→ **Activity**
Go through the records below line by line. Count the lines with "struct" and give the count alone.

(Collected data entries)
>>
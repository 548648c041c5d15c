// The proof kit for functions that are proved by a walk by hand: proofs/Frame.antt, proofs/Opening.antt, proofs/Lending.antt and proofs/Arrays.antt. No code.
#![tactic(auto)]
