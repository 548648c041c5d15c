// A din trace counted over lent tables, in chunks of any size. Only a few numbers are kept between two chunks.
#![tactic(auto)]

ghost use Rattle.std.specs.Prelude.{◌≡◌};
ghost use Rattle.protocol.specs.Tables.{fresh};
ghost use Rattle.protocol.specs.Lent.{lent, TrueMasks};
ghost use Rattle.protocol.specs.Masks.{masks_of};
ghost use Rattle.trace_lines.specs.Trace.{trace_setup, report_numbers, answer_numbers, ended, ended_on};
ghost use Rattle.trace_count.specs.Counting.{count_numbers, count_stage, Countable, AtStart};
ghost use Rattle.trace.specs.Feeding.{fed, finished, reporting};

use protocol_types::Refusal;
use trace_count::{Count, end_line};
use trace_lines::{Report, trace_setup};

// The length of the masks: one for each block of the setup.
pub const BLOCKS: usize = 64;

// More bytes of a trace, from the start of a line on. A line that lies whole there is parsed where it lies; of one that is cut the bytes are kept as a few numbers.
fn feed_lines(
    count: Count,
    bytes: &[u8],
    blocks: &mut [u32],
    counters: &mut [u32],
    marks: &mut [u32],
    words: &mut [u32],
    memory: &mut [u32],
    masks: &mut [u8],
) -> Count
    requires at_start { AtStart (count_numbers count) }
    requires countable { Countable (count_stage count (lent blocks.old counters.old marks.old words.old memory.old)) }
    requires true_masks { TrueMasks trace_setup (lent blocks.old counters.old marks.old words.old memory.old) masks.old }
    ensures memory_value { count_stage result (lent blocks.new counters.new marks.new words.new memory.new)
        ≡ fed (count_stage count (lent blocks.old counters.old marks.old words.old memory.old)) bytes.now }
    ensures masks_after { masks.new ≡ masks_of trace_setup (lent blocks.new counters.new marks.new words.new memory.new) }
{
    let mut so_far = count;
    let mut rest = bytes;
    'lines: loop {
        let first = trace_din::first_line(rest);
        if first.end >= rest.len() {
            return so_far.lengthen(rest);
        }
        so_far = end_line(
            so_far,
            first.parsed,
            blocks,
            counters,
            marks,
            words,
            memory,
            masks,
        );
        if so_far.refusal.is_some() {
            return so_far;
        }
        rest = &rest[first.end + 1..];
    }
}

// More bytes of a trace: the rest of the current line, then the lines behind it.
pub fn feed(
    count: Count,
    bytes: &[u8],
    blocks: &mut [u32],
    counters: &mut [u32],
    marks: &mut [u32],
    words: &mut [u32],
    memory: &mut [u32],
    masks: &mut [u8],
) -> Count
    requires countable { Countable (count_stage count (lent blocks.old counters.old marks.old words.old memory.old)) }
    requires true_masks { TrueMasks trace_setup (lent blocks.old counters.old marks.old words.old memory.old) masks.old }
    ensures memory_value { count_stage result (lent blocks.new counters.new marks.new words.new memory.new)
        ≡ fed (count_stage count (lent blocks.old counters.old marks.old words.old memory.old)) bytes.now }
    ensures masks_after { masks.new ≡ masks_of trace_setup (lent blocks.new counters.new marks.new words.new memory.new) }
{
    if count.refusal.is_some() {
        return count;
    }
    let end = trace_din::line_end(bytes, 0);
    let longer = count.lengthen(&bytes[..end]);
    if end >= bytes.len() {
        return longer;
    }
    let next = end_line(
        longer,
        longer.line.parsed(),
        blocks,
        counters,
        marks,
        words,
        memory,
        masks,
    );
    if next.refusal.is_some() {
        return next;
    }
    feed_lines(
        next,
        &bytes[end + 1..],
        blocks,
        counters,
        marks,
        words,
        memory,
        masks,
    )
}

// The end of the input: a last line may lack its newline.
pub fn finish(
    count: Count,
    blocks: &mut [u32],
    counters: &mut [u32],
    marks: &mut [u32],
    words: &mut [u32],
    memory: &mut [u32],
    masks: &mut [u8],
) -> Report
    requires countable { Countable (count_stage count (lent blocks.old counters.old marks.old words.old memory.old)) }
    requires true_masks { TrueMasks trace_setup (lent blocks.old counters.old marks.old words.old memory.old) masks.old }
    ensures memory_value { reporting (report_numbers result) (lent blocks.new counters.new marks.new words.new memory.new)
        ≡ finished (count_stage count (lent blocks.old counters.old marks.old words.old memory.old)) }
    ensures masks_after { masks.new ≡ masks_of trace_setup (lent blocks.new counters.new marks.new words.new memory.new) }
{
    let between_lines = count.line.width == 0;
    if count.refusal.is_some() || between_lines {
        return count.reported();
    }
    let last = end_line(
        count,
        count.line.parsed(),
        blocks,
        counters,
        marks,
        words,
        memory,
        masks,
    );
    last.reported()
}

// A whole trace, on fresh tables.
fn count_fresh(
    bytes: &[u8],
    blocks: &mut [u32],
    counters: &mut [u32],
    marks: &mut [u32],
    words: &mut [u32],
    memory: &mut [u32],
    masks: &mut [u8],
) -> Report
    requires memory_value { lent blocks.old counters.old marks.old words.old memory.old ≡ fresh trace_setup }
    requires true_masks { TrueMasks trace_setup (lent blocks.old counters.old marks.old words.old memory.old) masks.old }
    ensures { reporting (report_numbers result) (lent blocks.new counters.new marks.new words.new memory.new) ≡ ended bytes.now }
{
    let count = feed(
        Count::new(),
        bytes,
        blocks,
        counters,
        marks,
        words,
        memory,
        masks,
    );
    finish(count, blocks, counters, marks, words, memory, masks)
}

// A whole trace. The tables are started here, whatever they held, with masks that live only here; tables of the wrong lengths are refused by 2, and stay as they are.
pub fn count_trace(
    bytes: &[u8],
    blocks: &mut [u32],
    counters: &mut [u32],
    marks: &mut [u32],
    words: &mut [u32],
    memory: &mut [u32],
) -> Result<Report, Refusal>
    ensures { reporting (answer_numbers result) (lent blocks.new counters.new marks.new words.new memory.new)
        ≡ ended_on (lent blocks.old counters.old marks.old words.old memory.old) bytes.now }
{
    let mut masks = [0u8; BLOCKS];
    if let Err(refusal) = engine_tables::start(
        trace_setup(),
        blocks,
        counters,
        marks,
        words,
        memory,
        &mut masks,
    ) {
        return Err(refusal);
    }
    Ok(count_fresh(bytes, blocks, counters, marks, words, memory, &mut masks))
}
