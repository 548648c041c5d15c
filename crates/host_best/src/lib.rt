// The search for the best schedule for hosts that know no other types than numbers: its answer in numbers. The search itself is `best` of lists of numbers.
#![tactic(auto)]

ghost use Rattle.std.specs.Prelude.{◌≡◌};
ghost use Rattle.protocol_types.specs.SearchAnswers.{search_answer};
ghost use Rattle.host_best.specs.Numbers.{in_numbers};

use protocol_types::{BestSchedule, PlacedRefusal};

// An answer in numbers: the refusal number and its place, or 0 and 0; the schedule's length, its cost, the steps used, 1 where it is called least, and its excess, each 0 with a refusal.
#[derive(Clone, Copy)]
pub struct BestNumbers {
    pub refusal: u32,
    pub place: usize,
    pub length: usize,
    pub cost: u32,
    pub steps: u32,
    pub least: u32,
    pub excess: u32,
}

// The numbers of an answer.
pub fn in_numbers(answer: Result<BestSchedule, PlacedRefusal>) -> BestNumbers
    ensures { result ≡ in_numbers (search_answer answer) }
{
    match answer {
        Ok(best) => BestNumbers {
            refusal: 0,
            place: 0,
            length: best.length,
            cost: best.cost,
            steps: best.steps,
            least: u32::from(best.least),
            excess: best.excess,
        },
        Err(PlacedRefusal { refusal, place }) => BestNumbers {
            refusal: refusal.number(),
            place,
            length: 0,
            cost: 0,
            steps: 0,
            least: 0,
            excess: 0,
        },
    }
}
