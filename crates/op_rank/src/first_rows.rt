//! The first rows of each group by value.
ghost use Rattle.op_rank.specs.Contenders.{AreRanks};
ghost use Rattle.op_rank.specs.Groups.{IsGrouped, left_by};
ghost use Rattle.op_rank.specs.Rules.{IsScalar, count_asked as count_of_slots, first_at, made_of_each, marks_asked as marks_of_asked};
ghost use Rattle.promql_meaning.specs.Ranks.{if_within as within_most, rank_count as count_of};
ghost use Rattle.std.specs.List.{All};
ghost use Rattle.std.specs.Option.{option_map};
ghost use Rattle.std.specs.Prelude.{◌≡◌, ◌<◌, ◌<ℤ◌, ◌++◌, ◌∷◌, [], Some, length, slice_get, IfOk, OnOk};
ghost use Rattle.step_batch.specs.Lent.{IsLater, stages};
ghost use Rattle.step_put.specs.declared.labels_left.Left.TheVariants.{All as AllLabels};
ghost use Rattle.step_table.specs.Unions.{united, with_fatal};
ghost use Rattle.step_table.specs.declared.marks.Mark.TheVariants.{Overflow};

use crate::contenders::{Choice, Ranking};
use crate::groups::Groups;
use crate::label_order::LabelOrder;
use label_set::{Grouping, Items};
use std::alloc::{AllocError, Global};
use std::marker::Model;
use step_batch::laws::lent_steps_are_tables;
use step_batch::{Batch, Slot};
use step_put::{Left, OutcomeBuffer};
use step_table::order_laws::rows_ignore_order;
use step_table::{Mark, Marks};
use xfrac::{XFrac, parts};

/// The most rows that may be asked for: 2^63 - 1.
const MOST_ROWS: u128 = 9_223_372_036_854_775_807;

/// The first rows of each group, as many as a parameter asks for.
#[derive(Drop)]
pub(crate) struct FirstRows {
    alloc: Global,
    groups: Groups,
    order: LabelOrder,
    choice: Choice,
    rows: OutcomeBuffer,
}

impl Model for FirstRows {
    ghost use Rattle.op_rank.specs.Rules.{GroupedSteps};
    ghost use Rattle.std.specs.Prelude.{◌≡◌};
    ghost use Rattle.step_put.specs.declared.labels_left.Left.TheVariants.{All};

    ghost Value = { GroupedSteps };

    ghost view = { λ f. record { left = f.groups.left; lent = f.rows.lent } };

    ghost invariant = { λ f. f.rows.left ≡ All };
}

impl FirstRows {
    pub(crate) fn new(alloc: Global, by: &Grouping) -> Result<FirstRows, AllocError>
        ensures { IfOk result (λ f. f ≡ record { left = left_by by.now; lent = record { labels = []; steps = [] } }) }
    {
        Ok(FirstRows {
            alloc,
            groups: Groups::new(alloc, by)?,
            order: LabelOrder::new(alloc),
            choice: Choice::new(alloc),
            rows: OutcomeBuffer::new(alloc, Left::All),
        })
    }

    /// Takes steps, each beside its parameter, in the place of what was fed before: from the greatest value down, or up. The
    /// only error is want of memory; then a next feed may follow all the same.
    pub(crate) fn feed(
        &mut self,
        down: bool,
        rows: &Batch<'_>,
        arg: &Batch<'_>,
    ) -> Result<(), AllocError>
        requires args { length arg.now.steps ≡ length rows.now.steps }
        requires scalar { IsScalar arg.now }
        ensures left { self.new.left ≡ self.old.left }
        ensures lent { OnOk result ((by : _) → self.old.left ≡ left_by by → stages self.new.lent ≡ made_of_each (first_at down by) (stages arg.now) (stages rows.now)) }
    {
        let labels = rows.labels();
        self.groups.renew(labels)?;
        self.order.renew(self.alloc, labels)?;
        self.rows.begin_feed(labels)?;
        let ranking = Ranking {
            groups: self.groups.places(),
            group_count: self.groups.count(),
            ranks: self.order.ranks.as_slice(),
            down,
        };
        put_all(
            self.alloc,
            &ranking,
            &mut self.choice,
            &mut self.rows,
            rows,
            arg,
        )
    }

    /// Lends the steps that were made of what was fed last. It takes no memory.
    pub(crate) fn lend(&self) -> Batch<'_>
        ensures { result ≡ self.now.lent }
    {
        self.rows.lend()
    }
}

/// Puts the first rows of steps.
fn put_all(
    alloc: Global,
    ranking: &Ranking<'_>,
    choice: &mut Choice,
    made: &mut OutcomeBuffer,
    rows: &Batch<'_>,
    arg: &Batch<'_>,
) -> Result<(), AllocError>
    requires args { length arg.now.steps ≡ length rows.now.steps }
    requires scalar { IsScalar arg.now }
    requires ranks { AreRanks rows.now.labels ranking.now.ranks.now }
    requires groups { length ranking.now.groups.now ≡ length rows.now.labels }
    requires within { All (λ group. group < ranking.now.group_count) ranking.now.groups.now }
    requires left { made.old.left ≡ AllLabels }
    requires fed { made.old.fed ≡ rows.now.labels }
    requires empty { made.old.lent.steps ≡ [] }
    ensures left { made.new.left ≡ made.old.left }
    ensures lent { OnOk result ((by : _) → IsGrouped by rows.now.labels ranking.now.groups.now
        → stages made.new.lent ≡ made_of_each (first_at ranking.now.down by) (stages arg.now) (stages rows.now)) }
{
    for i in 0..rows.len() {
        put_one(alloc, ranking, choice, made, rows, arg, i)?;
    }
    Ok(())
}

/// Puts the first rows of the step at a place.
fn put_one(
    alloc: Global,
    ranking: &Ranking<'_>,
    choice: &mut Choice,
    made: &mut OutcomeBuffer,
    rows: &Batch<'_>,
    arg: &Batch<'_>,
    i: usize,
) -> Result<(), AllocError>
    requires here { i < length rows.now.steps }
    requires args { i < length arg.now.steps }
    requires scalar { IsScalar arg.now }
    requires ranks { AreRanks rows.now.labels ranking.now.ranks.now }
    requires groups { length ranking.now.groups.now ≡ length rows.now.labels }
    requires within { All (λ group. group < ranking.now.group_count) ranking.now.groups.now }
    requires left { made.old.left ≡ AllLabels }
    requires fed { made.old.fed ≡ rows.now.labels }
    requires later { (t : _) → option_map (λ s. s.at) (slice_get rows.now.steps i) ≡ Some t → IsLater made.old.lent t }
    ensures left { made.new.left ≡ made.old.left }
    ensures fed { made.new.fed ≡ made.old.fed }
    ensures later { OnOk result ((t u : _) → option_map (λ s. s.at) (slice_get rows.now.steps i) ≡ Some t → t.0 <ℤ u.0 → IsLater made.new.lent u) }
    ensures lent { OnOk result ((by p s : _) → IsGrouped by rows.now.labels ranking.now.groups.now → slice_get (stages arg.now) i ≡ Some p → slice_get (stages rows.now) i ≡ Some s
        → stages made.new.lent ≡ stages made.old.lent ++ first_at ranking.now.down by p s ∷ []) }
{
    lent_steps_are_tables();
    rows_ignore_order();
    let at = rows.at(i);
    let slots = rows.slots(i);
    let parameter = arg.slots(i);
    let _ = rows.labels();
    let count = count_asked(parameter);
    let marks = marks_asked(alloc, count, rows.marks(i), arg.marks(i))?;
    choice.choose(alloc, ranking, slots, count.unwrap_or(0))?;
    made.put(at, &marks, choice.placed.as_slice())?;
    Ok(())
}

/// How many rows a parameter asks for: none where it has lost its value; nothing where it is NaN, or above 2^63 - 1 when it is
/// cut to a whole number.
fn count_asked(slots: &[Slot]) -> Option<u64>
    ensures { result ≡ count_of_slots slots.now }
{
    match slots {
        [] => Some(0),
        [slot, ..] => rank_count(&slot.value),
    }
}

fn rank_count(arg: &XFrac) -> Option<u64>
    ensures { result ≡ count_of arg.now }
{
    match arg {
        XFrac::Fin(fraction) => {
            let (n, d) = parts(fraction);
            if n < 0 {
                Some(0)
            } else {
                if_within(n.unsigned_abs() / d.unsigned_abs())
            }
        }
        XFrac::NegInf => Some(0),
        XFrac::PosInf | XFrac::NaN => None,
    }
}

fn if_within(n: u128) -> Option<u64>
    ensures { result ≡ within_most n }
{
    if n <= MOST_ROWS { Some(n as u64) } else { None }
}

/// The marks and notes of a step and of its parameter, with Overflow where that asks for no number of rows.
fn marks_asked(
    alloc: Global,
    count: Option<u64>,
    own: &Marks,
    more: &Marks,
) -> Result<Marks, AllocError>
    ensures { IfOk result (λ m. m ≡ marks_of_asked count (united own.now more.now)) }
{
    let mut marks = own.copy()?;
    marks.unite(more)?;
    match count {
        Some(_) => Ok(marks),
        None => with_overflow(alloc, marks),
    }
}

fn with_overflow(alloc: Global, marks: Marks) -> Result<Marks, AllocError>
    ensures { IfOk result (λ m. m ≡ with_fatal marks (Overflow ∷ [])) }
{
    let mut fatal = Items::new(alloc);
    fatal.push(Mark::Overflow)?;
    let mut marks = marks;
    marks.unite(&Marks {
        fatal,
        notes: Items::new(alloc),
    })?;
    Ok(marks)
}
<<
→ **Output**
2